MEMORANDUM **
Edmundo Gonzalez, a native and citizen of Mexico, petitions pro se for review of the Board of Immigration Appeals’ (“BIA”) summary dismissal under 8 C.F.R. § 3.1(d)(2)(i) (2002) of his appeal from an immigration judge’s decision denying his application for suspension of deportation. We have jurisdiction under 8 U.S.C. § 1005a. Kalaw v. INS, 133 F.3d 1147, 1150 (9th Cir.1997). We review the BIA’s summary dismissal for failure to file a brief to determine whether it was appropriate. Toquero v. INS, 956 F.2d 193, 194-95 (9th Cir.1992). We deny the petition.

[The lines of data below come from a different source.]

// The line `key = "text"` for a bare key.
fn put_field(out: &mut String, key: &str, text: &str) -> Put
    ensures { AddsLines result out.old out.new (field key.now text.now ∷ []) }
{
    out.push_str(key)?;
    out.push_str(" = ")?;
    put_quoted(out, text)?;
    out.push('\n')
}

// The line `key = "text"` for a bare key and what `Display` writes of a value.
fn put_value<T: fmt::Display>(out: &mut String, key: &str, value: &T) -> Put
    ensures { IfSome (T.output value.now)
        (λ text. AddsLines result out.old out.new (field key.now text ∷ [])) }
{
    out.push_str(key)?;
    out.push_str(" = ")?;
    put_quoted_value(out, value)?;
    out.push('\n')
}

fn put_name(out: &mut String, name: &Name) -> Put
    ensures { AddsLines result out.old out.new (field (codes "name") name.now ∷ []) }
{
    put_field(out, "name", name.as_str())
}

fn put_version(out: &mut String, version: &Version) -> Put
    ensures { AddsLines result out.old out.new
        (field (codes "version") (parts_text (parts_of version.now)) ∷ []) }
{
    put_value(out, "version", version)
}

// The line of a source that is written.
fn put_source(out: &mut String, source: &SourceIdAsUrl<'_>) -> Put
    ensures { AddsLines result out.old out.new (source_line source.now ∷ []) }
{
    put_value(out, "source", source)
}

// The source of a package or a patch, if it is written.
fn put_marked_source(out: &mut String, source: &Option<SourceIdAsUrl<'_>>) -> Put
    ensures { AddsLines result out.old out.new
        (option_to_list (option_map source_line source.now)) }
{
    match source {
        Some(source) => put_source(out, source),
        None => Ok(()),
    }
}

fn put_checksum(out: &mut String, checksum: &Option<Checksum>) -> Put
    ensures { AddsLines result out.old out.new
        (option_to_list (option_map checksum_line (option_map digest_of checksum.now))) }
{
    match checksum {
        Some(checksum) => put_value(out, "checksum", checksum),
        None => Ok(()),
    }
}

// ---- packages

// The line of one dependency in the list of them.
fn put_dependency(out: &mut String, dependency: &EncodableDependencyRef<'_>) -> Put
    ensures { AddsLines result out.old out.new (dependency_line dependency.now ∷ []) }
{
    out.push(' ')?;
    put_quoted_value(out, dependency)?;
    out.push_str(",\n")
}

fn put_each_dependency(out: &mut String, dependencies: &[EncodableDependencyRef<'_>]) -> Put
    ensures { AddsLines result out.old out.new (map dependency_line dependencies.now) }
{
    for dependency in dependencies {
        put_dependency(out, dependency)?;
    }
    Ok(())
}

// The list of the dependencies, of which there is at least one.
fn put_dependencies(out: &mut String, dependencies: &[EncodableDependencyRef<'_>]) -> Put
    ensures { AddsLines result out.old out.new
        (codes "dependencies = [" ∷ (map dependency_line dependencies.now ++ codes "]" ∷ [])) }
{
    out.push_str("dependencies = [\n")?;
    put_each_dependency(out, dependencies)?;
    out.push_str("]\n")?;
    Ok(())
}

fn put_replacement(out: &mut String, replace: &Option<EncodableDependencyRef<'_>>) -> Put
    ensures { AddsLines result out.old out.new
        (option_to_list (option_map replace_line replace.now)) }
{
    match replace {
        Some(replace) => put_value(out, "replace", replace),
        None => Ok(()),
    }
}

// The dependencies, or if there are none, the replacement.
fn put_references(
    out: &mut String,
    dependencies: &[EncodableDependencyRef<'_>],
    replace: &Option<EncodableDependencyRef<'_>>,
) -> Put
    ensures { AddsLines result out.old out.new (reference_lines dependencies.now replace.now) }
{
    if dependencies.is_empty() {
        put_replacement(out, replace)?;
    } else {
        put_dependencies(out, dependencies)?;
    }
    Ok(())
}

fn put_package(out: &mut String, package: &EncodablePackageRef<'_>) -> Put
    ensures { AddsLines result out.old out.new (package_lines «package».now) }
{
    out.push_str("\n[[package]]\n")?;
    put_name(out, package.name)?;
    put_version(out, package.version)?;
    put_marked_source(out, &package.source)?;
    put_checksum(out, &package.checksum)?;
    put_references(out, package.dependencies.as_slice(), &package.replace)?;
    Ok(())
}

// Adds the packages, each after an empty line.
fn put_packages(alloc: Global, out: &mut String, packages: &[EncodablePackage]) -> Put
    ensures { AddsLines result out.old out.new (flat_map package_lines packages.now) }
{
    for package in packages {
        put_encoded(alloc, out, package)?;
    }
    Ok(())
}

fn put_encoded(alloc: Global, out: &mut String, package: &EncodablePackage) -> Put
    ensures { AddsLines result out.old out.new (package_lines «package».now) }
{
    let encoded = package.by_ref(alloc)?;
    put_package(out, &encoded)
}

// Adds the packages of a lockfile as they are written in a format, each after an empty line.
fn put_written_packages(
    alloc: Global,
    out: &mut String,
    format: ResolveVersion,
    list: &[Package],
) -> Put
    ensures { AddsLines result out.old out.new
        (flat_map package_lines
        (map (encoded_package_of format (map identity_of list.now)) list.now)) }
{
    let packages = Indexed::of(alloc, list)?;
    put_each_written(alloc, out, format, &packages, list)
}

fn put_each_written<'a>(
    alloc: Global,
    out: &mut String,
    format: ResolveVersion,
    packages: &Indexed<'a, Package>,
    list: &'a [Package],
) -> Put
    ensures { AddsLines result out.old out.new
        (flat_map (λ p. package_lines
        (encoded_package_of format (map identity_of packages.now) p)) list.now) }
{
    for package in list {
        put_written(alloc, out, format, packages, package)?;
    }
    Ok(())
}

fn put_written<'a>(
    alloc: Global,
    out: &mut String,
    format: ResolveVersion,
    packages: &Indexed<'a, Package>,
    package: &'a Package,
) -> Put
    ensures { AddsLines result out.old out.new
        (package_lines (encoded_package_of format (map identity_of packages.now) «package».now)) }
{
    let encoded = encoded_package_of(alloc, format, packages, package)?;
    put_package(out, &encoded)
}

// ---- unused patches

// An unused patch, its source escaped or plain.
fn put_patch(out: &mut String, patch: &Dependency, escaped: bool) -> Put
    ensures { AddsLines result out.old out.new (patch_lines escaped patch.now) }
{
    out.push_str("\n[[patch.unused]]\n")?;
    put_name(out, &patch.name)?;
    put_version(out, &patch.version)?;
    put_marked_source(out, &written_source(escaped, &patch.source))?;
    out.push_str("\n")?;
    Ok(())
}

fn put_each_patch(out: &mut String, unused: &[Dependency], escaped: bool) -> Put
    ensures { AddsLines result out.old out.new (flat_map (patch_lines escaped) unused.now) }
{
    for patch in unused {
        put_patch(out, patch, escaped)?;
    }
    Ok(())
}

// Adds the unused patches, their sources escaped or plain.
fn put_patches(out: &mut String, patch: &Patch, escaped: bool) -> Put
    ensures { AddsLines result out.old out.new (flat_map (patch_lines escaped) patch.now) }
{
    put_each_patch(out, patch.unused.as_slice(), escaped)?;
    Ok(())
}

// ---- metadata

// Whether a key of TOML may have the byte without quotation marks.
fn is_bare_byte(byte: u8) -> bool
    ensures { result ≡ is_bare_byte byte }
{
    matches!(byte, b'A'..=b'Z' | b'a'..=b'z' | b'0'..=b'9' | b'_' | b'-')
}

fn has_bare_bytes(key: &str) -> bool
    ensures { result ≡ list_all is_bare_byte key.now }
{
    key.as_bytes().iter().all(|byte| is_bare_byte(*byte))
}

// Whether a key is written without quotation marks.
fn is_bare_key(key: &str) -> bool
    ensures { result ≡ is_bare_key key.now }
{
    !key.is_empty() && has_bare_bytes(key)
}

fn put_key(out: &mut String, key: &str) -> Put
    ensures { Adds result out.old out.new (key_text key.now) }
{
    if is_bare_key(key) {
        out.push_str(key)
    } else {
        put_quoted(out, key)
    }
}

fn put_pair(out: &mut String, key: &MetadataKey, value: &MetadataValue) -> Put
    ensures { AddsLines result out.old out.new (pair_line (key.now, value.now) ∷ []) }
{
    put_key(out, key.as_str())?;
    out.push_str(" = ")?;
    put_quoted(out, value.as_str())?;
    out.push('\n')
}

// The pairs, in the order of the keys.
fn put_pairs(out: &mut String, metadata: &Metadata) -> Put
    ensures { AddsLines result out.old out.new (map pair_line metadata.now.entries) }
{
    for (key, value) in metadata {
        put_pair(out, key, value)?;
    }
    Ok(())
}

// The metadata as it is stored.
fn put_stored(out: &mut String, metadata: &Metadata) -> Put
    ensures { AddsLines result out.old out.new (metadata_lines metadata.now.entries) }
{
    if metadata.is_empty() {
        return Ok(());
    }
    out.push_str("\n[metadata]\n")?;
    put_pairs(out, metadata)?;
    Ok(())
}

// Adds the metadata, in the order of its keys, unless it is empty.
fn put_metadata(out: &mut String, metadata: &Metadata) -> Put
    ensures { AddsLines result out.old out.new
        (metadata_lines (entries (texts_of metadata.now.entries))) }
{
    keys_ascend(metadata);
    put_stored(out, metadata)?;
    Ok(())
}

// ---- the whole

impl LockfileRef<'_> {
    /// The text of the lockfile, in the lockfile's format, as Cargo writes it. The root is left
    /// out, and so is the replacement of a package with dependencies. The one error is `Memory`.
    pub fn to_string(&self, alloc: Global) -> Result<String>
        ensures ok { IfOk result (λ text. string_bytes text ≡ join_lines (lines_of self.now)) }
        ensures err { IsOkUnless result Memory }
    {
        let mut out = String::new(alloc);
        self.put(alloc, &mut out)?;
        Ok(out)
    }

    // All lines of the lockfile.
    fn put(&self, alloc: Global, out: &mut String) -> Result<()>
        ensures ok { AddsLines result out.old out.new (lines_of self.now) }
        ensures err { IsOkUnless result Memory }
    {
        let format = self.version;
        put_comments(out)?;
        let number = written_version(format);
        put_format(alloc, out, &number)?;
        put_written_packages(alloc, out, format, self.packages)?;
        put_patches(out, self.patch, is_escaped_number(&number))?;
        self.put_metadata(alloc, out)?;
        Ok(())
    }

    // The lines of the metadata that are written.
    fn put_metadata(&self, alloc: Global, out: &mut String) -> Result<()>
        ensures ok { AddsLines result out.old out.new
            (metadata_lines
            (entries (metadata_of self.now.version self.now.metadata self.now.packages))) }
        ensures err { IsOkUnless result Memory }
    {
        let metadata = metadata_of(alloc, self.version, self.metadata, self.packages)?;
        put_metadata(out, &metadata)?;
        Ok(())
    }
}

impl EncodableLockfile {
    /// The text of the lockfile, as Cargo writes it: its packages, the patches that no package
    /// uses, its metadata, and from V3 on its number. The sources of patches are escaped if the
    /// number is 4. The root is not written. The one error is `Memory`.
    pub fn to_string(&self, alloc: Global) -> Result<String>
        ensures ok { IfOk result (λ text. string_bytes text ≡ join_lines (encoded_lines self.now)) }
        ensures err { IsOkUnless result Memory }
    {
        let mut out = String::new(alloc);
        self.put_lines(alloc, &mut out)?;
        Ok(out)
    }

    // All lines of the lockfile.
    fn put_lines(&self, alloc: Global, out: &mut String) -> Put
        ensures { AddsLines result out.old out.new (encoded_lines self.now) }
    {
        put_comments(out)?;
        put_format(alloc, out, &self.version)?;
        put_packages(alloc, out, self.package.as_slice())?;
        put_patches(out, &self.patch, is_escaped_number(&self.version))?;
        put_metadata(out, &self.metadata)?;
        Ok(())
    }
}

// Adds the comments at the head of the file.
fn put_comments(out: &mut String) -> Put
    ensures { AddsLines result out.old out.new comment_lines }
{
    out.push_str(
        "# This file is automatically @generated by Cargo.\n\
         # It is not intended for manual editing.\n",
    )
}

// Adds the number of the format, which is in the file from V3 on.
fn put_format(alloc: Global, out: &mut String, version: &Option<i64>) -> Put
    ensures { AddsLines result out.old out.new (version_lines version.now) }
{
    match version {
        Some(number) if *number >= 3 => {
            let text = format!(in alloc; "version = {number}\n")?;
            out.push_str(text.as_str())
        }
        _ => Ok(()),
    }
}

Gonzalez filed a Notice of Appeal, Form EOIR 26, with the BIA indicating his intention to file a brief, but then he failed to file the brief. Summary dismissal was appropriate because Gonzalez’s Notice of Appeal did not sufficiently specify his grounds for appeal. See Rojas-Garcia v. Ashcroft, 339 F.3d 814, 819-21 (9th Cir.2003); see also 8 C.F.R. § 3000.1(d)(2)(i) (formerly 8 C.F.R. § 3.1(d)(2)(i)).
Gonzalez’s contention that the Illegal Immigration Reform and Immigrant Responsibility Act and the Nicaraguan Adjustment and Central American Relief Act violate equal protection is foreclosed by Hernandez-Mezquita v. Ashcroft, 293 F.3d 1161, 1163-65 (9th Cir.2002), which held that in order to demonstrate an equal protection violation, a petitioner must show that a classification is wholly irrational.
Contrary to Gonzalez’s contention, the BIA’s failure to articulate reasons for its decision does not violate due process. See Falcon Carriche v. Ashcroft, 350 F.3d 845, 850-51 (9th Cir.2003).
Gonzalez’s remaining contentions also lack merit.
John Ashcroft, Attorney General, is the proper respondent. The Clerk shall *598amend the docket to reflect the above caption.
PETITION FOR REVIEW DENIED.
This disposition is not appropriate for publication and may not be cited to or by the courts of this circuit except as may be provided by 9th Cir. R. 36-3.